Kanzler Kurz will keine Situation wie 2015

Koalition bangt vor neuer Balkan-Route

Sonntag, 27. Mai 2018 | 18:39 Uhr

Die Regierung ist wegen der Entstehung einer neuen Balkan-Flüchtlingsroute besorgt und will gegensteuern. Im Rahmen der Regierungsklausur in Mauerbach kündigte Kanzler Sebastian Kurz (ÖVP) Gespräche mit Ländern entlang der Route an und versicherte, nicht noch einmal eine Situation wie 2015 entstehen zu lassen.

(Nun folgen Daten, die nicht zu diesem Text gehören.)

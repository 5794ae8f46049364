// Answers of values that need neither memory nor a thing.

ghost use Rattle.rb_tree.specs.declared.node.Program.{Program};
ghost use Rattle.std.specs.Prelude.{◌≡◌, ℕ, List, [], ◌∷◌, map, Some, None, IfSome, true, false};
ghost use Rattle.rb_model.specs.Values.{Nil, plain, truth, same};
ghost use Rattle.rb_machine.specs.Methods.{Gives, deed, equal};
ghost use Rattle.rb_builtin.specs.declared.builtin.Builtin.TheVariants as builtin;
ghost use Rattle.rb_builtin.specs.Names.{builtin_of};
ghost use Rattle.rb_builtin.specs.declared.integer.IntegerAnswer.TheVariants as answer;
ghost use Rattle.rb_builtin.specs.Deeds.{answer_by_number};
ghost use Rattle.rb_builtin.specs.Integers as integers;
ghost use Rattle.rb_walk.specs.Methods.{HasNone, IsCompared};
ghost use Rattle.rb_walk.specs.Outcome.{is_left, value_of};
ghost use Rattle.rb_walk.specs.Answers.{IsHeld};
ghost use Rattle.rb_model.specs.declared.value.Value.{Value as Held};

use crate::came::Came;
use crate::dispatch::Methods;
use crate::gathering::is_collection;
use crate::leaf::{held_at, local_at};
use crate::target::target_of;
use rb_builtin::{Builtin, IntegerAnswer};
use rb_code::Code;
use rb_model::Value;
use rb_tree::NameId;

/// What a value answers to a method whose answer needs no memory: one that all values have, or the length of a text.
#[inline(always)]
pub fn ready_answer(
    method: Option<Builtin>,
    receiver: &Value,
    args: &[Value],
) -> Option<IntegerAnswer>
    ensures { IfSome result (λ answer. (program : Program) (name : List ℕ) → builtin_of name ≡ method → deed program (plain receiver.now) name (map plain args.now) None ≡ integers.answer_of answer) }
{
    match method {
        Some(number) => ready_answer_by(number, receiver, args),
        None => None,
    }
}

/// The same by the number of the method.
#[inline(always)]
fn ready_answer_by(method: Builtin, receiver: &Value, args: &[Value]) -> Option<IntegerAnswer>
    ensures { IfSome result (λ answer. (program : Program) → answer_by_number program (plain receiver.now) method (map plain args.now) None ≡ integers.answer_of answer) }
{
    match method {
        Builtin::Equal => sameness_of(receiver, args),
        Builtin::IsNil => nilness_of(receiver, args),
        Builtin::Length => length_of(receiver, args),
        _ => None,
    }
}

/// The length of a text.
#[inline(always)]
fn length_of(receiver: &Value, args: &[Value]) -> Option<IntegerAnswer>
    ensures { IfSome result (λ answer. (program : Program) → answer_by_number program (plain receiver.now) builtin.Length (map plain args.now) None ≡ integers.answer_of answer) }
{
    let Value::Str(text) = receiver else {
        return None;
    };
    if !args.is_empty() {
        return None;
    }
    Some(IntegerAnswer::Int(text.characters()))
}

/// Whether a value is nil.
#[inline(always)]
fn nilness_of(receiver: &Value, args: &[Value]) -> Option<IntegerAnswer>
    ensures { IfSome result (λ answer. (program : Program) → answer_by_number program (plain receiver.now) builtin.IsNil (map plain args.now) None ≡ integers.answer_of answer) }
{
    if !args.is_empty() {
        return None;
    }
    Some(truth_of(is_nil(receiver)))
}

/// Whether a value is the argument.
#[inline(always)]
fn sameness_of(receiver: &Value, args: &[Value]) -> Option<IntegerAnswer>
    ensures { IfSome result (λ answer. (program : Program) → answer_by_number program (plain receiver.now) builtin.Equal (map plain args.now) None ≡ integers.answer_of answer) }
{
    let [other] = args else {
        return None;
    };
    same_as(receiver, other)
}

/// A truth value as an answer.
#[inline(always)]
fn truth_of(holds: bool) -> IntegerAnswer
    ensures { integers.answer_of result ≡ Gives (truth holds) }
{
    if holds {
        IntegerAnswer::True
    } else {
        IntegerAnswer::False
    }
}

/// Whether a value is nil.
#[inline(always)]
fn is_nil(value: &Value) -> bool
    ensures { result ≡ same (plain value.now) Nil }
{
    match value {
        Value::Nil => true,
        _ => false,
    }
}

/// Whether a value that is no array and no hash is another. Two arrays, or two hashes, that differ are not compared.
#[inline(always)]
fn same_as(value: &Value, other: &Value) -> Option<IntegerAnswer>
    ensures { IfSome result (λ answer. equal (plain value.now) (plain other.now ∷ []) ≡ integers.answer_of answer) }
{
    if is_collection(value) {
        return None;
    }
    Some(truth_of(*value == *other))
}

/// Whether a call with one argument asks by `==` whether a value is nil.
#[inline(always)]
pub fn is_nil_asked(method: Option<Builtin>, right: &Code) -> bool
    ensures method { result ≡ true → method ≡ Some builtin.Equal }
    ensures right { result ≡ true → (room : List Held) → IsHeld right.now room Nil }
{
    let Some(Builtin::Equal) = method else {
        return false;
    };
    let Code::Nil(_) = right else {
        return false;
    };
    true
}

/// What `== nil` answers for what came; `held` is the value where registers do not hold it.
#[inline(always)]
pub fn nil_came(came: Came, held: &Value) -> IntegerAnswer
    requires { is_left came ≡ false }
    ensures { equal (value_of came held.now) (Nil ∷ []) ≡ integers.answer_of result }
{
    match came {
        Came::Nil => IntegerAnswer::True,
        Came::False | Came::True | Came::Int(_) | Came::Left => IntegerAnswer::False,
        Came::Other => truth_of(is_nil(held)),
    }
}

/// The value of a local that a call without arguments finds no method of a class for: one that is no thing, or any that is asked whether it
/// is nil.
#[inline(always)]
pub fn answering<'r>(
    script: &Methods<'_>,
    method: Option<Builtin>,
    name: NameId,
    code: &Code,
    room: &'r [Value],
) -> Option<&'r Value>
    ensures held { IfSome result (λ held. IsHeld code.now room.now (plain held.now)) }
    ensures alone { IfSome result (λ held. HasNone script.now (plain held.now) name) }
{
    if let Some(held) = held_at(code, room) {
        return Some(held);
    }
    let Some(Builtin::IsNil) = method else {
        return None;
    };
    let held = local_at(code, room)?;
    match target_of(script, held, name) {
        Some(_) => None,
        None => Some(held),
    }
}

/// Whether the value of a local is nil or that of another local, where a call asks this and the class of the value has no such method.
#[inline(always)]
pub fn compared(
    script: &Methods<'_>,
    method: Option<Builtin>,
    name: NameId,
    left: &Code,
    right: &Code,
    room: &[Value],
) -> Option<IntegerAnswer>
    ensures { IfSome result (λ answer. IsCompared script.now method name left.now right.now room.now (integers.answer_of answer)) }
{
    match method {
        Some(Builtin::Equal) => match compared_apart(script, name, left, right, room) {
            IntegerAnswer::NoOperation => None,
            answer => Some(answer),
        },
        _ => None,
    }
}

/// The same apart, as an answer that fits into registers, which is no operation where there is none.
#[inline(never)]
fn compared_apart(
    script: &Methods<'_>,
    name: NameId,
    left: &Code,
    right: &Code,
    room: &[Value],
) -> IntegerAnswer
    ensures { (result ≡ answer.NoOperation → ⊥) → IsCompared script.now (Some builtin.Equal) name left.now right.now room.now (integers.answer_of result) }
{
    match equality_of(script, name, left, right, room) {
        Some(answer) => answer,
        None => IntegerAnswer::NoOperation,
    }
}

/// Whether the value of a local is nil or that of another local, where the class of the value has no such method.
#[inline(always)]
fn equality_of(
    script: &Methods<'_>,
    name: NameId,
    left: &Code,
    right: &Code,
    room: &[Value],
) -> Option<IntegerAnswer>
    ensures { IfSome result (λ answer. IsCompared script.now (Some builtin.Equal) name left.now right.now room.now (integers.answer_of answer)) }
{
    let value = local_at(left, room)?;
    if let Some(_) = target_of(script, value, name) {
        return None;
    }
    if let Code::Nil(_) = right {
        return Some(truth_of(is_nil(value)));
    }
    let other = local_at(right, room)?;
    let answer = same_as(value, other)?;
    Some(answer)
}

Mehrfach hob der Regierungschef hervor, dass heuer die Zahl der Landungen in Griechenland bereits bei 18.000 liege, eine “sehr, sehr hohe Zahl”, wie Kurz findet. Vor allem sei das eine Steigerung von 150 Prozent gegenüber dem Vorjahr. Die Route führt dann über Albanien, Montenegro, Serbien, Bosnien-Herzegowina, Kroatien und Slowenien weiter nach Westeuropa.

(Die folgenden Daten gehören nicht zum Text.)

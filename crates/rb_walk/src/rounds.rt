// The iterations of a block.

ghost use Rattle.std.specs.Prelude.{◌≡◌, ◌+ℤ◌, pos, IfSome, IfOk, IfErr};
ghost use Rattle.rb_model.specs.Values.{Int};
ghost use Rattle.rb_machine.specs.Control.{Counting};
ghost use Rattle.rb_builtin.specs.Deeds.{turns_of};
ghost use Rattle.rb_walk.specs.Answers.{IsDone};
ghost use Rattle.rb_walk.specs.Walks.{Counts};

use crate::came::Came;
use rb_builtin::{Loop, Pass};
use rb_model::Ref;

/// The iterations of a block: the integers from the first up to the last, and the answer behind them.
#[derive(Clone, Copy)]
pub struct Rounds {
    pub first: i64,
    pub last: i64,
    pub answer: i64,
}

/// What a call with a block comes to before an iteration.
#[derive(Clone, Copy)]
pub enum Iterations {
    Counting(Rounds),
    /// The elements of an array.
    Elements(Ref, Pass),
    /// The pairs of a hash.
    Pairs(Ref),
    /// One, while a mutex is owned.
    Owned(Ref),
    /// There are none: the call is done.
    Done(Came),
}

/// The iterations of a loop, or its answer where it makes none.
fn rounds_of(turns: Loop) -> Result<Rounds, i64>
    ensures some { IfOk result (λ r. turns_of turns ≡ Counting r.first (r.last +ℤ pos 1) (Int r.answer)) }
    ensures none { IfErr result (λ n. IsDone n (turns_of turns)) }
{
    match turns {
        Loop::Times(count) => {
            if count <= 0 {
                return Err(count);
            }
            Ok(Rounds {
                first: 0,
                last: count - 1,
                answer: count,
            })
        }
        Loop::Upto(first, last) => Ok(Rounds {
            first,
            last,
            answer: first,
        }),
    }
}

/// A count in 32 bits; none where it has more.
pub fn count_of(count: usize) -> Option<u32>
    ensures { IfSome result (λ n. n ≡ count) }
{
    if count > 0xffff_ffff {
        return None;
    }
    Some(count as u32)
}

/// The iterations of a loop over integers.
pub fn iterations_of(turns: Loop) -> Iterations
    ensures { Counts (turns_of turns) result }
{
    match rounds_of(turns) {
        Ok(rounds) => Iterations::Counting(rounds),
        Err(answer) => Iterations::Done(Came::Int(answer)),
    }
}
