// The method that an object is asked for its text.

ghost use Rattle.std.specs.Prelude.{◌≡◌, false, map, slice_get, IfSome, None};
ghost use Rattle.std.specs.List.{list_any};
ghost use Rattle.std.specs.Option.{option_map};
ghost use Rattle.rb_model.specs.Values.{plain};
ghost use Rattle.rb_render.specs.Forms.{style_of};
ghost use Rattle.rb_walk.specs.Answers.{is_thing};
ghost use Rattle.rb_walk.specs.Texts.{IsAsked, IsUnasked, WritesBy, is_asking, is_text};
ghost use Rattle.rb_walk.specs.Lines.{IsLined, IsUnlined};

use crate::dispatch::Methods;
use crate::target::{Target, target_of};
use rb_model::{Ref, Sort, Value};
use rb_render::{Form, Style};
use rb_tree::Program;

/// The method that a value is asked for its text: `to_s` of its class, where that has no parameters.
pub fn asked_of<'p>(program: &Program, script: &Methods<'p>, value: &Value) -> Option<Target<'p>>
    ensures some { IfSome result (λ t. IsAsked script.now program.now (plain value.now) t.object t.method.now) }
    ensures none { result ≡ None → IsUnasked script.now program.now (plain value.now) }
{
    let Value::Ref(_) = value else {
        return None;
    };
    let name = program.names.find(b"to_s".as_slice())?;
    let target = target_of(script, value, name)?;
    if !target.method.params.is_empty() {
        return None;
    }
    Some(target)
}

/// Whether a value is a string.
pub fn is_text(value: &Value) -> bool
    ensures { result ≡ is_text (plain value.now) }
{
    match value {
        Value::Str(_) => true,
        _ => false,
    }
}

/// Whether one of values is a thing.
pub fn has_thing(values: &[Value]) -> bool
    ensures { result ≡ list_any is_thing (map plain values.now) }
{
    'values: for value in values {
        if let Value::Ref(_) = value {
            return true;
        }
    }
    false
}

/// The array that is written line by line, where it is the value of a slot.
pub fn lined(style: Style, room: &[Value], slot: usize) -> Option<Ref>
    ensures some { IfSome result (λ array. IsLined array (style_of style) (option_map plain (slice_get room.now slot))) }
    ensures none { result ≡ None → IsUnlined (style_of style) (option_map plain (slice_get room.now slot)) }
{
    match (style, room.get(slot)) {
        (Style::Lines, Some(Value::Ref(thing))) => match thing.sort {
            Sort::List => Some(*thing),
            _ => None,
        },
        _ => None,
    }
}

/// How a call writes its values one by one, where one of them is a thing that may be asked for its text.
pub fn style_by(form: Form, values: &[Value]) -> Option<Style>
    ensures some { IfSome result (λ style. WritesBy (style_of style) form (map plain values.now)) }
    ensures none { result ≡ None → is_asking form (map plain values.now) ≡ false }
{
    if !has_thing(values) {
        return None;
    }
    match form {
        Form::Puts => Some(Style::Lines),
        Form::Print => Some(Style::Plain),
        Form::Inspect => None,
    }
}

Kurz will nun zunächst mit dem albanischen Premier kommende Woche in Wien konferieren, um bereits an den Außengrenzen Flüchtlingsrouten zu stoppen. Dies sei nur eine “Frage des Wollens”. Auch Vizekanzler Heinz-Christian Strache hält eine Schließung der neuen Route für “machbar”. Gelinge es allerdings nicht, dann werde Österreich mit dem Innen- und Verteidigungsministerium seine Grenzen dicht machen, versicherte Strache. Ab welcher Flüchtlingszahl das der Fall wäre, sagte die Regierungsspitze nicht.

Die Koalition werde jedenfalls “alles tun”, um Zahlen wie 2015 zu vermeiden. In diesem Jahr habe man nämlich gesehen, wie es nicht laufen dürfe, erkläre Kurz. Allzu dramatisieren wollte der VP-Obmann die Lage dann aber auch wieder nicht. Es gebe noch keinen Grund “alarmistisch zu sein”.

Innenminister Herbert Kickl (FPÖ) bekräftigte beim Eintreffen zur Klausur, dass man die Flüchtlingsbewegungen genau beobachte und man, “wenn es notwendig ist”, die Grenzen “dicht machen” werde, “und zwar wirklich dicht”. Eine Zahl, ab wann dies passieren soll, blieb auch bKickl auf mehrmalige Nachfrage schuldig: Er sei ein Gegner von Quoten und “quantitativen Festlegungen”. Die von Kickl angekündigte Maßnahme: Er werde ab Montag alle Innenminister von Griechenland bis Slowenien durchtelefonieren.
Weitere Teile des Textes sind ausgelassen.